Variational study of the ground state and spin dynamics of the spin- 12 kagome antiferromagnetic Heisenberg model and its implication for herbertsmithite ZnCu3(OH)6Cl2

Abstract

We find that the best RVB state of the spin-$\frac{1}{2}$ Kagome antiferromagnetic Heisenberg model(spin-$\frac{1}{2}$ KAFH) is described by a $Z_{2}$ gapped mean field ansatz, which hosts a mean field spinon dispersion very different from that of the widely studied $U(1)$ Dirac spin liquid state. However, we find that the physical spin fluctuation spectrum calculated from the Gutzwiller projected RPA(GRPA) theory above such an RVB state is actually gapless and is almost identical to that above the $U(1)$ Dirac spin liquid state. We find that such a peculiar behavior can be attributed to the unique flat band physics on the Kagome lattice, which makes the mapping between the mean field ansatz and the RVB state non-injective.
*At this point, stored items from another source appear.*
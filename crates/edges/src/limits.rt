// Floats, whole numbers and burst loss at the limits of refusal 29.
use crate::creations::say_creation;
use options::Ge;
use std::io;
use std::io::Write;

// The greatest whole number that settings may have, 2^53.
pub const GREATEST: u64 = 0x20_0000_0000_0000;

// The least one that they may not have, 2^53 + 1.
pub const TOO_GREAT: u64 = 0x20_0000_0000_0001;

pub fn say<W: Write>(out: &mut W) -> io::Result<()> {
    say_chances(out)?;
    say_delays(out)?;
    say_numbers(out)?;
    say_burst_losses(out)
}

fn say_chances<W: Write>(out: &mut W) -> io::Result<()> {
    say_creation(out, "loss 1", |settings| settings.loss = 1.0)?;
    say_creation(out, "loss 1.5", |settings| settings.loss = 1.5)?;
    say_creation(out, "loss -0.5", |settings| settings.loss = -0.5)?;
    say_creation(out, "loss nan", |settings| settings.loss = f64::NAN)?;
    say_creation(out, "jitter nan", |settings| settings.jitter_ms = f64::NAN)?;
    say_creation(out, "reorder 1.5", |settings| settings.reorder_p = 1.5)?;
    say_creation(out, "duplicate nan", |settings| {
        settings.duplicate_p = f64::NAN;
    })
}

fn say_delays<W: Write>(out: &mut W) -> io::Result<()> {
    for (name, delay_ms) in [
        ("delay -0", -0.0),
        ("delay 999999999999999", 999999999999999.0),
        ("delay 10^15", 1000000000000000.0),
        ("delay inf", f64::INFINITY),
    ] {
        say_creation(out, name, |settings| settings.delay_ms = delay_ms)?;
    }
    say_creation(out, "reorder delay -1", |settings| {
        settings.reorder_delay_ms = -1.0;
    })?;
    say_creation(out, "reorder delay nan", |settings| {
        settings.reorder_delay_ms = f64::NAN;
    })
}

fn say_numbers<W: Write>(out: &mut W) -> io::Result<()> {
    say_creation(out, "rate 0", |settings| settings.rate_bps = Some(0))?;
    say_creation(out, "rate 2^53", |settings| {
        settings.rate_bps = Some(GREATEST);
    })?;
    say_creation(out, "rate 2^53+1", |settings| {
        settings.rate_bps = Some(TOO_GREAT);
    })?;
    say_creation(out, "mtu 0", |settings| settings.mtu = Some(0))?;
    say_creation(out, "mtu 2^53+1", |settings| {
        settings.mtu = Some(TOO_GREAT as usize);
    })?;
    say_creation(out, "burst 2^53+1", |settings| {
        settings.rate_burst_bytes = TOO_GREAT;
    })?;
    say_creation(out, "period 2^53+1", |settings| {
        settings.nat_change_every_ms = TOO_GREAT;
    })
}

fn say_burst_losses<W: Write>(out: &mut W) -> io::Result<()> {
    for (name, p, r, h) in [
        ("ge 0:0:0", 0.0, 0.0, 0.0),
        ("ge nan:1:1", f64::NAN, 1.0, 1.0),
        ("ge 1:2:1", 1.0, 2.0, 1.0),
        ("ge 1:1:-1", 1.0, 1.0, -1.0),
    ] {
        say_creation(out, name, |settings| settings.ge = Some(Ge { p, r, h }))?;
    }
    Ok(())
}
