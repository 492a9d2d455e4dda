// The state of an engine as words.
use engine::ArrivalEngine;
use output::Bits;
use std::fmt;

// The credit, the instant of the last refill, and the packets received.
#[derive(Clone, Copy)]
pub struct Bucket<'a>(pub &'a ArrivalEngine);

impl<'a> fmt::Display for Bucket<'a> {
    fn fmt<W: fmt::Write>(&self, f: &mut fmt::Formatter<W>) -> fmt::Result {
        let engine = self.0;
        write!(f, "{} {}", Bits(engine.tokens), Bits(engine.last_refill_ms))?;
        write!(f, " {}", engine.stats.received_pkts)
    }
}

// The state of the generator, and whether burst loss is on.
#[derive(Clone, Copy)]
pub struct Generator<'a>(pub &'a ArrivalEngine);

impl<'a> fmt::Display for Generator<'a> {
    fn fmt<W: fmt::Write>(&self, f: &mut fmt::Formatter<W>) -> fmt::Result {
        let engine = self.0;
        write!(f, "{:016x} {}", engine.rng.state, u8::from(engine.ge_bad))
    }
}

// The next rebind, and the rebinds counted.
#[derive(Clone, Copy)]
pub struct Rebinds<'a>(pub &'a ArrivalEngine);

impl<'a> fmt::Display for Rebinds<'a> {
    fn fmt<W: fmt::Write>(&self, f: &mut fmt::Formatter<W>) -> fmt::Result {
        let engine = self.0;
        write!(
            f,
            "{} {}",
            Bits(engine.next_rebind_ms),
            engine.stats.nat_rebinds
        )
    }
}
We find that the spin fluctuation spectrum of the spin-$\frac{1}{2}$ KAFH is not at all featureless, but is characterized by a prominent spectral peak at about $0.25J$ around the $\mathbf{M}$ point, which is immersed in a broad continuum extending to $2.7J$. Based on these results, we argue that the spectral peak below 2 meV in the inelastic neutron scattering(INS) spectrum of Hebertsmithite ZnCu$_{3}$(OH)$_{6}$Cl$_{2}$, which has been attributed to the contribution of Cu$^{2+}$ impurity spins occupying the Zn$^{2+}$ site, should rather be understood as the intrinsic contribution from the Kagome layer. We propose to verify such a picture by measuring the Knight shift on the Cu site, rather than the O site, which is almost blind to the spin fluctuation at the $\mathbf{M}$ point as a result of the strong antiferromagnetic correlation between nearest neighboring spins on the Kagome lattice.